Quest for Master Class: Gun parameters

I was exchanging emails with a reader about the upcoming/ongoing “Quest for Master Class” series, where my goal is achieve IDPA’s 5 gun Master class award.  He asked what guns I was planning on using to get the “master class” ranking in the 5 divisions of IDPA, and while I thought I had previously answered that question, he made a good point.  The question was “why use ‘competition’ guns for this, wouldn’t using the kind of pistols that the average guy buys make more sense?

I thought about that for a while, and I actually agree.  The goal of the entire series isn’t for me to take a $2k 1911 and shoot it, but rather to show people that these are achievable skills with practice and their carry guns.  So after some thought, I’m making some specific rules for me to help keep this series true to the spirit of IDPA and relative to the average CCW permit holder.

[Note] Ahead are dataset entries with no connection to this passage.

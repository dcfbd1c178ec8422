//! Sources in the reference format and their texts, worked by hand.

use ref_format::{FormatError, FormatFault, ProgramText, unfold};
use std::alloc::Global;
use std::test::Fail;

fn unfolded(alloc: Global, source: &[u8]) -> Result<ProgramText, FormatError> {
    if source.len() >= 1 << 31 {
        return Err(FormatError::NoMemory);
    }
    unfold(alloc, source)
}

// What is left behind so many spaces; none where they don't come first.
fn behind_spaces(bytes: &[u8], count: usize) -> Option<&[u8]> {
    let mut left = bytes;
    for _ in 0..count {
        left = left.strip_prefix(b" ")?;
    }
    Some(left)
}

// What is left behind spaces and a byte, where the spaces at the end of a line don't count.
fn behind(bytes: &[u8], spaces: usize, byte: u8) -> Option<&[u8]> {
    let count = if byte == b'\n' { 0 } else { spaces };
    match behind_spaces(bytes, count)? {
        [first, rest @ ..] => { if *first == byte { Some(rest) } else { None } }
        [] => None,
    }
}

// Whether a text is the wanted one, but for the spaces at the end of each of its lines.
fn is_unspaced(text: &[u8], wanted: &[u8]) -> bool {
    let mut left = wanted;
    let mut spaces = 0usize;
    for byte in text {
        if *byte == b' ' {
            spaces = spaces.saturating_add(1);
        } else {
            match behind(left, spaces, *byte) {
                Some(rest) => left = rest,
                None => return false,
            }
            spaces = 0;
        }
    }
    left.is_empty()
}

fn is_unfolded(alloc: Global, source: &[u8], wanted: &[u8]) -> bool {
    match unfolded(alloc, source) {
        Ok(text) => is_unspaced(text.bytes(), wanted),
        Err(_) => false,
    }
}

fn fault_of(alloc: Global, source: &[u8]) -> Option<FormatFault> {
    match unfolded(alloc, source) {
        Err(FormatError::Fault(fault)) => Some(fault),
        _ => None,
    }
}

const TEXTS: [(&[u8], &[u8]); 13] = [
    (b"", b""),
    (
        b"           DISPLAY \"ABC\n      -    \"DEF\".\n",
        b"    DISPLAY \"ABC                                                 DEF\".",
    ),
    (
        b"           DISP\n      -    LAY \"X\".\n",
        b"    DISPLAY \"X\".",
    ),
    (b"       A.\r\n       B.\r\n", b"A.\nB."),
    (b"000\tA.\n123456 8\tB.", b" A.\n8        B."),
    (b"       A.", b"A."),
    (
        b"       PROGRAM-ID. P.\n       AUTHOR. J. O'BRIEN.\n           IT'S HERS.\n      X    ODD.\n       ENVIRONMENT DIVISION.\n",
        b"PROGRAM-ID. P.\nENVIRONMENT DIVISION.",
    ),
    (
        b"       remarks. A.\n      *A. B.\n       Data Division.\n       AUTHOR. C.\n",
        b"Data Division.\nAUTHOR. C.",
    ),
    (
        b"      D    DISPLAY X.\n      d\x01\n      *'\n      /\n       A.\n",
        b"A.",
    ),
    (b"\n       \n       A.\n\n                    \n", b"A."),
    (
        b"           DISPLAY 'A'\n\n      *\n      -    '\"B'.\n",
        b"    DISPLAY 'A''\"B'.",
    ),
    (
        b"123456 A                                                                98765432\n",
        b"A",
    ),
    (
        b"       A. \"B\n       C.\n      -    D.\n",
        b"A. \"B\nC.D.",
    ),
];

#[test]
fn texts(rt: HostRuntime) {
    for (source, wanted) in TEXTS {
        assert!(rt; is_unfolded(rt.alloc(), source, wanted), "at {wanted:?}");
    }
}

const FAULTS: [(&[u8], FormatFault); 9] = [
    (b"      X    A.\n", FormatFault::BadIndicator(1)),
    (b"       A.\n      X\x01", FormatFault::BadIndicator(2)),
    (b"       A\x1f\n      X\n", FormatFault::BadByte(1)),
    (b"       A.\r", FormatFault::BadByte(1)),
    (
        b"           DISPLAY \"ABC\n      -    DEF\".\n",
        FormatFault::BadContinuation(2),
    ),
    (
        b"           DISPLAY \"ABC\n      -    'DEF\".\n",
        FormatFault::BadContinuation(2),
    ),
    (b"\n      -    A.\n", FormatFault::BadContinuation(2)),
    (b"       A.\n      -B.\n", FormatFault::BadContinuation(2)),
    (b"       A.\n      -\n", FormatFault::BadContinuation(2)),
];

#[test]
fn faults(rt: HostRuntime) {
    for (source, wanted) in FAULTS {
        assert_eq!(rt; fault_of(rt.alloc(), source), Some(wanted), "at {source:?}");
    }
}

#[test]
fn lines(rt: HostRuntime) -> Result<(), Fail> {
    let source = b"\n       A.\n           \"B\n      -    \"C\".\n";
    let text = unfold(rt.alloc(), source)?;
    let mut rows = [0u32; 5];
    let mut left = text.lines();
    for byte in text.bytes() {
        let row = left.first() as usize;
        if row < 5 && *byte != b' ' {
            rows[row] = rows[row].wrapping_add(1);
        }
        left.pass(1);
    }
    assert_eq!(rt; text.bytes().len(), 65 + 1 + 65 + 60);
    assert_eq!(rt; rows, [0, 0, 3, 2, 3]);
    Ok(())
}
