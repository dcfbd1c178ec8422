//! Masks, their faults, and what numbers show through them, worked by hand.

ghost use Rattle.std.specs.Prelude.{◌≤◌};

use cob_num::Dec;
use edit_fields::{Digits, Mask, MaskFault, edit, is_written_out, mask_fault, mask_size};

fn number(value: i64, scale: u8) -> Dec
    requires { scale ≤ 36 }
{
    Dec {
        value: i128::from(value),
        scale: scale as u64,
    }
}

// Whether the text is a mask of that size, and then its bytes.
fn shows(mask: &[u8], value: Dec, into: &mut [u8]) -> bool {
    if mask.len() > 160 || mask_size(mask) != into.len() || !is_written_out(mask) {
        return false;
    }
    match mask_fault(mask) {
        None => {
            edit(mask, value, into);
            true
        }
        Some(_) => false,
    }
}

const SHOWN: [(&[u8], i64, u8, &[u8]); 15] = [
    (b"ZZ,ZZ9.99", 12345, 1, b" 1,234.50"),
    (b"ZZ,ZZ9.99", 5, 2, b"     0.05"),
    (b"$$,$$9.99CR", -123, 1, b"   $12.30CR"),
    (b"$$,$$9", 123, 0, b"  $123"),
    (b"+++9", -7, 0, b"  -7"),
    (b"***,**9", 12, 0, b"*****12"),
    (b"***.**", 0, 0, b"***.**"),
    (b"99/99/99", 10203, 0, b"01/02/03"),
    (b"zzzvzz", 5, 2, b"   05"),
    (b"ZZZ.ZZ", 0, 0, b"      "),
    (b"-$ZB9.9", -4, 3, b" $  0.0"),
    (b"$B$B$", 12, 0, b" $1 2"),
    (b"--9", -1001, 0, b" -1"),
    (b"9DB", -10, 0, b"0  "),
    (b"99DB", -110, 1, b"11DB"),
];

#[test]
fn numbers_show(rt: HostRuntime) {
    for (mask, value, scale, want) in SHOWN {
        let mut into = [0; 16];
        if want.len() <= 16 && scale <= 36 {
            let shown = shows(mask, number(value, scale), &mut into[..want.len()]);
            assert_eq!(rt; shown, true);
            assert_eq!(rt; &into[..want.len()], want);
        }
    }
}

const FAULTS: [(&[u8], Option<MaskFault>); 20] = [
    (b"z(3),z(3).9(2)", None),
    (b"+B+9", None),
    (b"$$.$$", None),
    (b"B(159)9", None),
    (b"9Z", Some(MaskFault::Order(2))),
    (b"Z9Z", Some(MaskFault::Order(3))),
    (b"B+9", Some(MaskFault::Order(3))),
    (b".$$9", Some(MaskFault::Order(2))),
    (b"ZZ.Z9", Some(MaskFault::Order(5))),
    (b"+ZZCR", Some(MaskFault::Order(4))),
    (b"9.(2)9", Some(MaskFault::Order(2))),
    (b"Z(0)", Some(MaskFault::Order(4))),
    (b"ZV(1)", Some(MaskFault::Order(3))),
    (b"9C", Some(MaskFault::Order(2))),
    (b"99V9", Some(MaskFault::Order(4))),
    (b"ZZ9,", Some(MaskFault::Order(4))),
    (b"B(160)9", Some(MaskFault::Order(7))),
    (b"", Some(MaskFault::Order(1))),
    (b"ZX", Some(MaskFault::Symbol(2))),
    (b"Z(10)9(9)", Some(MaskFault::TooManyDigits(9))),
];

#[test]
fn faults_have_places(rt: HostRuntime) {
    for (text, want) in FAULTS {
        if text.len() <= 160 {
            assert_eq!(rt; mask_fault(text), want);
        }
    }
}

// Whether the text is a mask of that size and of those symbols, and then its bytes.
fn holds(text: &[u8], symbols: &[u8], digits: Digits, value: Dec, into: &mut [u8]) -> bool {
    if text.len() > 160 {
        return false;
    }
    match Mask::new(text) {
        Ok(mask) => {
            if mask.size() as usize != into.len() {
                return false;
            }
            mask.edit(value, into);
            mask.as_slice() == symbols && mask.digits() == digits
        }
        Err(_) => false,
    }
}

#[test]
fn masks_are_held(rt: HostRuntime) {
    let mut into = [0; 10];
    let digits = Digits { whole: 6, part: 2 };
    let held = holds(
        b"z(3),z(3).9(2)",
        b"ZZZ,ZZZ.99",
        digits,
        number(123456, 2),
        &mut into,
    );
    assert_eq!(rt; held, true);
    assert_eq!(rt; &into[..], b"  1,234.56".as_slice());
}
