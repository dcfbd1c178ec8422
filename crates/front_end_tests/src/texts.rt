//! Texts with their lines, as the reference format gives them, and their tokens.

use cob_base::{Items, NoMemory};
use cobol_lex::{LexError, Token, tokens};
use ref_format::ProgramText;
use std::alloc::Global;

/// The parts, one after another. A line ends at a line end, and at the end of a part.
pub fn placed(alloc: Global, parts: &[&[u8]]) -> Result<ProgramText, NoMemory> {
    let mut text = ProgramText::new(alloc);
    let mut line = 1u32;
    for part in parts {
        for byte in *part {
            text.add(line, &[*byte])?;
            if *byte == b'\n' {
                line = line.wrapping_add(1);
            }
        }
        line = line.wrapping_add(1);
    }
    Ok(text)
}

/// The tokens of a text.
pub fn tokens_of(alloc: Global, text: &str) -> Result<Items<Token>, LexError> {
    let text = placed(alloc, &[text.as_bytes()])?;
    tokens(alloc, &text)
}
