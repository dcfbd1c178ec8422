//! Sources and sinks over readers and writers that are interrupted, and that fail.

use cob_base::{Gave, Sink, Source, StdSink, StdSource, Took};
use std::io;
use std::io::{ErrorKind, Read, Write};
use std::test::Fail;

// A reader and writer that is interrupted, then moves one byte, then none, and then fails.
#[derive(Drop)]
struct Flaky {
    calls: u64,
}

impl Flaky {
    fn answer(&mut self) -> io::Result<usize> {
        self.calls = self.calls.saturating_add(1);
        match self.calls {
            1 => Err(io::Error::from(ErrorKind::Interrupted)),
            2 => Ok(1),
            3 => Ok(0),
            _ => Err(io::Error::from(ErrorKind::BrokenPipe)),
        }
    }
}

impl Read for Flaky {
    fn read(&mut self, buf: &mut [u8]) -> io::Result<usize> {
        Ok(self.answer()?.min(buf.len()))
    }
}

impl Write for Flaky {
    fn write(&mut self, buf: &[u8]) -> io::Result<usize> {
        Ok(self.answer()?.min(buf.len()))
    }

    fn flush(&mut self) -> io::Result<()> {
        Ok(())
    }
}

// A writer that takes all bytes and then fails to flush them.
#[derive(Drop)]
struct Full;

impl Write for Full {
    fn write(&mut self, buf: &[u8]) -> io::Result<usize> {
        Ok(buf.len())
    }

    fn flush(&mut self) -> io::Result<()> {
        Err(io::Error::from(ErrorKind::StorageFull))
    }
}

#[test]
fn reads_on_after_an_interrupt_and_counts_faults(rt: HostRuntime) -> Result<(), Fail> {
    let mut source = StdSource::new(Flaky { calls: 0 });
    let mut buffer = [0u8; 4];
    assert_eq!(rt; source.take(&mut buffer), Took::Bytes(1));
    assert_eq!(rt; source.take(&mut buffer), Took::End);
    assert_eq!(rt; source.faults(), 0);
    assert_eq!(rt; source.take(&mut buffer), Took::Failed);
    assert_eq!(rt; source.faults(), 1);
    let mut whole = StdSource::new("AB".as_bytes());
    assert_eq!(rt; whole.take(&mut buffer), Took::Bytes(2));
    assert_eq!(rt; buffer, [65, 66, 0, 0]);
    assert_eq!(rt; whole.take(&mut buffer), Took::End);
    Ok(())
}

#[test]
fn writes_on_after_an_interrupt_and_counts_faults(rt: HostRuntime) -> Result<(), Fail> {
    let mut sink = StdSink::new(Flaky { calls: 0 });
    assert_eq!(rt; sink.ready(2), Ok(()));
    assert_eq!(rt; sink.give(b"AB"), Gave::Part(1));
    assert_eq!(rt; sink.faults(), 0);
    assert_eq!(rt; sink.give(b"B"), Gave::Failed);
    assert_eq!(rt; sink.give(b"B"), Gave::Failed);
    assert_eq!(rt; sink.faults(), 2);
    let mut full = StdSink::new(Full);
    assert_eq!(rt; full.give(b"AB"), Gave::Failed);
    assert_eq!(rt; full.faults(), 1);
    let mut written = Vec::<u8>::new(rt.alloc());
    let mut whole = StdSink::new(&mut written);
    assert_eq!(rt; whole.give(b"AB"), Gave::All);
    assert_eq!(rt; whole.give(b""), Gave::All);
    assert_eq!(rt; written.as_slice(), [65, 66].as_slice());
    Ok(())
}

  1. No 1911s – I know that’s going to be controversial, but the 1911 platform is absurdly easy to shoot when it’s well made.  Using a 9mm 1911 for the Enhanced Service Pistol master class score is almost like cheating.
  2. No Glock 34/35 model pistols or M&P Longslide guns.  Not that these are not great guns, but you don’t see a whole lot of 5 inch Glocks riding around in CCW and LE holsters.
  3. Use “carry gun” style sights only.  Most carry guns come from the factory with 3-dot sights, or Heinie straight-8 sights, so that’s what we’ll use.  In fact, in all cases but for 2 we’ll use the factory sights.  Those two exceptions are my S&W 625, since I already have my Enhanced Revolver Master card, and I won’t use the factory sights on any Glocks that may get shot because those plastic sights tend to break.
  4. No action jobs – these guns should have factory triggers.

Again, the point here is to show people that with their guns and carry gear they can get out and shoot IDPA, and with a little bit of practice they can truly excel at the sport.  June is  a busy month – I’m shooting wheelguns at three majors through June, but come July I’m making the switch back to semi-auto pistols to go for the “big double”: Stock Service Pistol and Enhanced Service Pistol.  I’ll use the same gun for both divisions.  Stock Service Pistol is the “easiest” to get in to, and Enhanced Service Pistol is considered the most difficult.  July will be a fun month!

1 Comment

  1. I don’t see *all* trigger-jobs as cheating; the M&P comes with a trigger that benefits remarkably from an hour of do-it-yourself, and in some states (Massachusetts, cough cough) it’s really mandatory due to a state-mandated 10+ pound factory pull.